- EXERCISE INSTRUCTIONS -
Read the records below. Copy each line where the string "zeros" occurs.

[Stored records]
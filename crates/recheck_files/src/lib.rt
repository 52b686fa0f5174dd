#![tactic(auto)]

// One file for both readers (SCOPE 9.7), by the calls of `frames_c`: the file without its names makes the same sheet, the fields that remain
// have the same answers, and no name is left. The places that `frames_name` gives are the second program's.

ghost use Rattle.std.specs.Prelude.{◌≤◌, length};

mod ran;

use ran::Ran;
use recheck_bytes::LIST_ROOM;
use recheck_names::{Fields, LeftOut, is_left_out, name_of, split_field, without_names};
use recheck_tally::counted;

// Counts for the summary: files with a name to leave out in which all is as it must be, and files in which something is not.
#[derive(Clone, Copy, Default)]
pub struct Files {
    pub files: u64,
    pub failed: u64,
}

// Whether the answers to a file, without those to the fields left out, are the others. A field that is cut is answered too.
// Stays: while let, since what is left of the answers is asked for at the end.
fn answers_agree(file: &[u8], left_out: LeftOut, answers: &[u8], others: &[u8]) -> bool {
    let mut fields = Fields(file);
    let mut rest = answers;
    let mut due = others;
    while let Some((answer, more)) = split_field(rest) {
        if !fields
            .next()
            .is_some_and(|field| is_left_out(field, left_out))
        {
            let Some(left) = due.strip_prefix(answer) else {
                return false;
            };
            due = left;
        }
        rest = more;
    }
    rest.is_empty() && due.is_empty()
}

// Whether what remains of the file has the same answers to what remains and saves the same bytes, each run from a fresh sheet.
fn runs_agree(file: &[u8], left_out: LeftOut, rest: &[u8]) -> bool {
    let (Some(whole), Some(left)) = (Ran::of(file), Ran::of(rest)) else {
        return false;
    };
    answers_agree(file, left_out, whole.answers(), left.answers()) && whole.saves_as(&left)
}

// The cases of which names are asked: every case that there is, and some above.
const ASKED: u8 = 35;

// Whether `frames_c` gives each case's name.
// Stays: compared number by number, since the library's place and the second program's name are types of their own.
fn names_agree(file: &[u8]) -> bool {
    (0..ASKED).all(|case| {
        let own = name_of(file, case).unwrap_or_default();
        let place = frames_c::frames_name(file, case);
        place.from == own.from && place.len == own.len
    })
}

// Whether `frames_c` gives no case a name.
fn has_no_names(file: &[u8]) -> bool {
    (0..ASKED).all(|case| frames_c::frames_name(file, case).len == 0)
}

impl Files {
    // A file with its names and without.
    fn count(&mut self, file: &[u8], left_out: LeftOut)
        requires { length file.now ≤ 262144 }
    {
        let without = without_names::<LIST_ROOM>(file, left_out);
        let rest = without.as_slice();
        let named = names_agree(file) && names_agree(rest) && has_no_names(rest);
        let agree = named && runs_agree(file, left_out, rest);
        self.files = counted(self.files, agree && rest.len() < file.len());
        self.failed = counted(self.failed, !agree);
    }
}

// The stored input, and the files that begin at each of its fields whose number is a multiple of 256. The refused fields of tag 60 stay,
// and then they go too.
// Stays: by number, since what follows the last whole field is compared too, which `Fields` does not yield, and `Rests` goes on past a field
// that is too long.
pub fn compare_files(stored: &[u8]) -> Files
    requires { length stored.now ≤ 262144 }
{
    let mut files = Files::default();
    let mut rest = stored;
    for number in 0..stored.len() {
        if number % 256 == 0 {
            files.count(rest, LeftOut::Names);
            files.count(rest, LeftOut::All);
        }
        let Some((_, more)) = split_field(rest) else {
            return files;
        };
        rest = more;
    }
    files
}
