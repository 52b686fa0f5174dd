ghost use Rattle.std.specs.Prelude.{◌≤◌, length};

use recheck_bytes::{LIST_ROOM, SAVED_ROOM, UNWRITTEN, zeros};

// A list run from a fresh sheet: the bytes of its answers, so many of them, and what is saved.
// Stays: arrays with a length beside each, since the call fills arrays, and what it leaves unwritten of the saved form is compared too.
#[derive(Drop)]
pub struct Ran {
    answers: [u8; LIST_ROOM],
    written: usize,
    saved: [u8; SAVED_ROOM],
    count: usize,
    ghost in_room: { written ≤ 262144 },
}

impl Ran {
    // Nothing where the run is refused.
    pub fn of(list: &[u8]) -> Option<Self> {
        let mut answers = zeros::<LIST_ROOM>();
        let mut saved = [UNWRITTEN; SAVED_ROOM];
        let r = frames_c::frames_run(b"", list, &mut answers, &mut saved);
        if r.refusal != 0 || r.written > LIST_ROOM {
            return None;
        }
        Some(Ran {
            answers,
            written: r.written,
            saved,
            count: r.saved,
        })
    }

    pub fn answers(&self) -> &[u8]
        ensures { length result.now ≤ 262144 }
    {
        &self.answers[..self.written]
    }

    // Whether the same is saved as by the other run, and no more is written.
    pub fn saves_as(&self, other: &Ran) -> bool {
        self.count == other.count && self.saved == other.saved
    }
}
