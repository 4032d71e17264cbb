//! What holds of every mesh.
ghost use Rattle.mesh.specs.Laws.{AlwaysKin};
ghost use Rattle.mesh.specs.Moves.{WayHidden};

/// Meshes of one opening with the same records done hold the same half-edges, whichever way each came there.
pub fn way_hidden_law()
    ensures stands { WayHidden }
{}

/// The surface of a mesh is closed, has the Euler number and the pieces of its opening, and no new zero normal.
pub fn always_kin_law()
    ensures stands { AlwaysKin }
{}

- RESPONSE FOR THIS EXERCISE -
use recheck_bytes::{LIST_ROOM, SAVED_ROOM, UNWRITTEN, zeros};
        let mut answers = zeros::<LIST_ROOM>();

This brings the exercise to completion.